Most Haitians have no access to electricity and clean water. The roads built by U.S. troops already are crumbling into potholes.

The Canadian and Pakistani U.N. peacekeepers who took over from the Americans in March 1995 have mixed emotions about leaving.

“We are very happy with the accomplishment but we think we could still do good things around here - because this country isn’t in good shape right now,” said Canadian Lt. Col. Richard Blanchette of Quebec City’s Royal 22nd Infantry Regiment.

“If the U.N. people leave Haiti tomorrow, then something terrible can happen in Haiti tomorrow,” warned Janvier Demesvar, a 33-yearold Haitian who fled to the United States and was sent back.

President Clinton sent the troops in part to halt a flood of Haitian boat people. Many fear Haitians will take to the seas again.

The U.N. peacekeeping mandate in Haiti called for providing a “safe and secure environment” and creating a Haitian police force from scratch.

Still, 75 people were murdered in September and 60 in October.

“Safe?” scoffed Rosalind Petit-Homme, 27, who was selling roosters in a street market. “Nowhere is safe. The zenglendos (gangsters) have attacked me here, in my home and just the other day they robbed me on a bus.”

She had three stitches on her forehead from the robbery.

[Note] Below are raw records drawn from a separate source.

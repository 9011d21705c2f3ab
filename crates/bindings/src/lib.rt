//! The bindings between properties, in document order.
//!
//! A binding copies its source property into its target property when the source is notified, and if it is bidirectional also the other way
//! (GObject manual, GBinding). While it sets a property, it ignores notifications. It ends by its name or with one of its objects. Objects
//! are given by identity, properties by slot, bindings by number. A contract sees a list of bindings and the number of the next one.
#![tactic(auto)]

mod binding;
mod bound;
mod due;
mod fault;
mod flags;
mod list;
mod listing;
mod listings;
mod names;
mod rising;
mod spare_lists;

pub use binding::{Binding, Transfer};
pub use due::{DueTransfer, DueTransfers};
pub use fault::BindError;
pub use flags::BindingFlags;
pub use list::Bindings;
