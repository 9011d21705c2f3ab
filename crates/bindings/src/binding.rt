//! A binding to be made, and the transfers that it makes.

use crate::flags::BindingFlags;
use ui_machine::{ObjectId, Slot};

/// A binding to be made from one property to another.
#[derive(Debug, Drop)]
pub struct Binding {
    /// The name by which `unbind` ends it, if it has one. Any text is allowed.
    pub name: Option<String>,
    pub source: ObjectId,
    pub source_slot: Slot,
    pub target: ObjectId,
    pub target_slot: Slot,
    pub flags: BindingFlags,
}

/// A transfer that a binding makes after a notification. `source` is the end that was notified, and its value goes to `target`.
#[derive(Clone, Copy, Debug, PartialEq, Eq)]
pub struct Transfer {
    /// The number of the binding, which is below the greatest `u64`.
    pub number: u64,
    pub source: ObjectId,
    pub source_slot: Slot,
    pub target: ObjectId,
    pub target_slot: Slot,
    /// Whether the value, a boolean, is inverted.
    pub invert: bool,
}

Like most Haitians, Petit-Homme never grasped that the U.N. mandate limited peacekeepers to guarding strategic installations, basically to prevent a coup. They’re leaving just as Preval’s government claims renewed threats from coup-plotters.

“Drug money is financing subversion, insecurity and coup d’etat plots,” said Robert Manuel, the undersecretary for public security. “In the drug trade … there are also judicial officials and police officers.”

More than 200 police officers have been fired for causes ranging from excessive force to armed robbery and drug dealing.

U.N. officials say the police force has improved recently. On Friday, the United Nations agreed to establish a 300-member civilian police mission to continue training Haitians until November 1998.

At its peak in 1995, the U.N. mission had 6,000 peacekeepers in Haiti in 1995. The number recently has dropped below 1,300.

Some 500 non-combat U.S. troops remain in Haiti, ostensibly to build roads, bridges and wells. U.S. Republican politicians are demanding their withdrawal as well.